Exercise instructions: Please return each record exactly as it stands.

Dataset entries:

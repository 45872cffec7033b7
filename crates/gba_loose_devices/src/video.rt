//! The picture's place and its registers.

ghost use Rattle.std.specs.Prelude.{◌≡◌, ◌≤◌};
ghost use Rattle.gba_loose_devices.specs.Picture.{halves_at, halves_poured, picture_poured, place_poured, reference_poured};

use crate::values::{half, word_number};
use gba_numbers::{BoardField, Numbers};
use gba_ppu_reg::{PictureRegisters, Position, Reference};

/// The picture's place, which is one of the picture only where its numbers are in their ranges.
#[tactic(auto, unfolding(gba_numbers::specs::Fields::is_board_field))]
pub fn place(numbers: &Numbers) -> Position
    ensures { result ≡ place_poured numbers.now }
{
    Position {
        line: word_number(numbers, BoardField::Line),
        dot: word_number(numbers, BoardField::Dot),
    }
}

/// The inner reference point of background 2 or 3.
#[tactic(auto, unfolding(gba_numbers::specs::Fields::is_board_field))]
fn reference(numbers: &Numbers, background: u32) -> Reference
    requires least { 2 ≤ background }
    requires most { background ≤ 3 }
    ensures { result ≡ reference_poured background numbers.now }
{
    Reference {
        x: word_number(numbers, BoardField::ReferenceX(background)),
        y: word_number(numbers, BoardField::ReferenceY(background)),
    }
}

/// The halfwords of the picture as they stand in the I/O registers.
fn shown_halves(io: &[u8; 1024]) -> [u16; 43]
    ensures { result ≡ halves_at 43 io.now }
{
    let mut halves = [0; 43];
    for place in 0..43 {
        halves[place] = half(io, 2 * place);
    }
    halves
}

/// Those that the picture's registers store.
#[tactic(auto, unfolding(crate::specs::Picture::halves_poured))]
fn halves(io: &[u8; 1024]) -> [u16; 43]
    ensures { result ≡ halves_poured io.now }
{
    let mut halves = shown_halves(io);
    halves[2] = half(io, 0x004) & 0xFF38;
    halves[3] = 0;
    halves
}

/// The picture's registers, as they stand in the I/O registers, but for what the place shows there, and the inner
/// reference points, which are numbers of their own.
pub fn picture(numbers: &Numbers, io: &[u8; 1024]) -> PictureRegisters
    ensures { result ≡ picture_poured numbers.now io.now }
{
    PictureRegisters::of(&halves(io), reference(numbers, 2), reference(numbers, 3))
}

Result:
repository 45872cffec7033b7
filename crates/gba_loose_devices/src/video.rt
//! The picture's place and its registers.

ghost use Rattle.std.specs.Prelude.{◌≡◌, ◌≤◌};
ghost use Rattle.gba_loose_devices.specs.Picture.{halves_at, halves_poured, picture_poured, place_poured, reference_poured};

use crate::values::{half, word_number};
use gba_numbers::{BoardField, Numbers};
use gba_ppu_reg::{PictureRegisters, Position, Reference};

/// The picture's place, which is one of the picture only where its numbers are in their ranges.
#[tactic(auto, unfolding(gba_numbers::specs::Fields::is_board_field))]
pub fn place(numbers: &Numbers) -> Position
    ensures { result ≡ place_poured numbers.now }
{
    Position {
        line: word_number(numbers, BoardField::Line),
        dot: word_number(numbers, BoardField::Dot),
    }
}

/// The inner reference point of background 2 or 3.
#[tactic(auto, unfolding(gba_numbers::specs::Fields::is_board_field))]
fn reference(numbers: &Numbers, background: u32) -> Reference
    requires least { 2 ≤ background }
    requires most { background ≤ 3 }
    ensures { result ≡ reference_poured background numbers.now }
{
    Reference {
        x: word_number(numbers, BoardField::ReferenceX(background)),
        y: word_number(numbers, BoardField::ReferenceY(background)),
    }
}

/// The halfwords of the picture as they stand in the I/O registers.
fn shown_halves(io: &[u8; 1024]) -> [u16; 43]
    ensures { result ≡ halves_at 43 io.now }
{
    let mut halves = [0; 43];
    for place in 0..43 {
        halves[place] = half(io, 2 * place);
    }
    halves
}

/// Those that the picture's registers store.
#[tactic(auto, unfolding(crate::specs::Picture::halves_poured))]
fn halves(io: &[u8; 1024]) -> [u16; 43]
    ensures { result ≡ halves_poured io.now }
{
    let mut halves = shown_halves(io);
    halves[2] = half(io, 0x004) & 0xFF38;
    halves[3] = 0;
    halves
}

/// The picture's registers, as they stand in the I/O registers, but for what the place shows there, and the inner
/// reference points, which are numbers of their own.
pub fn picture(numbers: &Numbers, io: &[u8; 1024]) -> PictureRegisters
    ensures { result ≡ picture_poured numbers.now io.now }
{
    PictureRegisters::of(&halves(io), reference(numbers, 2), reference(numbers, 3))
}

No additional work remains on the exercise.